Customer satisfaction (both internal and end customers): Digital is the age of customers. Building a customer-centric IT is the goal to improve IT maturity. IT has two sets of customers, internal business users as well as end business customers. IT should empower internal customers via providing them efficient tools to improve employee engagement and productivity; IT also needs to spend more time on digitizing the touch point of end customers’ experience and improve customer satisfaction. Customer experience is the key differentiator and an important strategy for the business’s long-term profitability. The next practice is to live as "customers," point out that customer inquiries are not just support related, but can foster new and better ways the application can perform and optimize every touch point of customer experience. Customer experience isn't about improving things for the customer at any cost. It's about having the real insight to make confident business decisions that result in unambiguous ROI. As always, take a step-wise approach: First, define "customer experience" for your organization. And then a valid strategic objective and the strategy mapping allow you to first understand your customers and what they value, and then identifies how to best characterize that value, define key indicators, and then set those measures appropriate to best assess the performance of these indicators because they show you how well they satisfy or delight customers.

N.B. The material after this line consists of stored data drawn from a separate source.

// What is reported of a peer's station.
use ledger_core::Totals;

/// What is reported of a peer's station.
#[derive(Clone, Copy, Debug, PartialEq, Eq)]
pub struct Reported {
    /// What it counts; if a flush or a rotation of it has failed, what it counted when it was last flushed, rewritten
    /// or opened successfully.
    pub totals: Totals,
    /// Whether a flush or a rotation of it has failed, and none has succeeded since.
    pub has_failed: bool,
}
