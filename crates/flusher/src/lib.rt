//! The fronts and the tapes of all peers, each under a lock of its own, what is counted of them, and the flusher.
//!
//! May touch the disks of the tapes, and wait for locks.
//! The crates above use `Post`: no call of it syncs a disk while it has the lock of a front. What the threads count is
//! kept by six token ledgers (`share.rt` says what those are).
#![tactic(auto)]

mod article_sync;
mod calls;
mod claiming;
mod closing;
mod fault;
mod flushes;
mod flushing;
mod front_desk;
mod naming;
mod noted;
mod pace;
mod peer;
mod post;
mod read_ahead;
mod reported;
mod room;
mod rooms;
mod rounds;
mod sealing;
mod share;
mod signals;
mod stray;
mod taking;
mod tally;
mod tape_desk;
mod threads;

pub use article_sync::{ArticleSync, NoSync, Unsynced};
pub use closing::{CloseFault, ClosedPeer, ClosedPost, Unclosed};
pub use fault::PostFault;
pub use flushes::Flusher;
pub use naming::{Blanks, Naming};
pub use pace::{Free, Pace, Place, Who};
pub use peer::{PostPeer, Sums};
pub use post::Post;
pub use reported::Reported;
pub use sealing::{PlaceProgress, Receipt, SyncedLine, TakenLine};
pub use share::{FeederShare, IntakeShare};
pub use signals::Signals;
pub use stray::Stray;
pub use threads::{NoThread, Work, run_feeders, run_threads};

Digital IT Workforce management: IT skill gap is a reality. IT needs both specialized generalists who have both strong business acumen and in-depth IT understanding to frame and solve the right business problems; as well as dedicated IT specialists who can take care of the daily IT operation issues. Therefore, it is important to put the right talent in the right position with the right capabilities to solve the right problems. Otherwise, it can enlarge the IT-business gaps because many IT specialists do not have enough knowledge and understanding about their businesses or customers, very few know their business’s strategy, and can’t map their daily tasks to the business’s strategic goal. Thus, it is no surprise that sometimes, instead of solving problems, they probably add more unnecessary complexity to the already tangled processes or products, to create new problems. To digitize IT, the IT workplace needs to be designed to build a culture of innovation, and help employees at all levels within an organization (from leaders to front-line) understand and develop their creative capacity to solve problems and exploit opportunities in new and innovative ways. IT professionals today must demonstrate learning agility to keep update knowledge. Although the responsibility to maintain and grow one’s expertise (technical and management/ leadership/ industry) has always largely fallen on the individual employee; albeit it is great when the organization provides support and empower their staff to achieve more, align their career goal with the business goals and build the culture of risk-tolerance & experimentation, to inspire creativity and catalyze innovation.


There is no one size fits all formula to run a highly effective IT. Because different IT organizations and the enterprise as a whole are at a different stage of reaching business maturity. By setting the right priority and focusing resources and budget on the most critical areas, IT has the opportunity to not only be responsive but ultimately be strategic leaders capable of helping lines of business thrive by proactively driving digital transformation.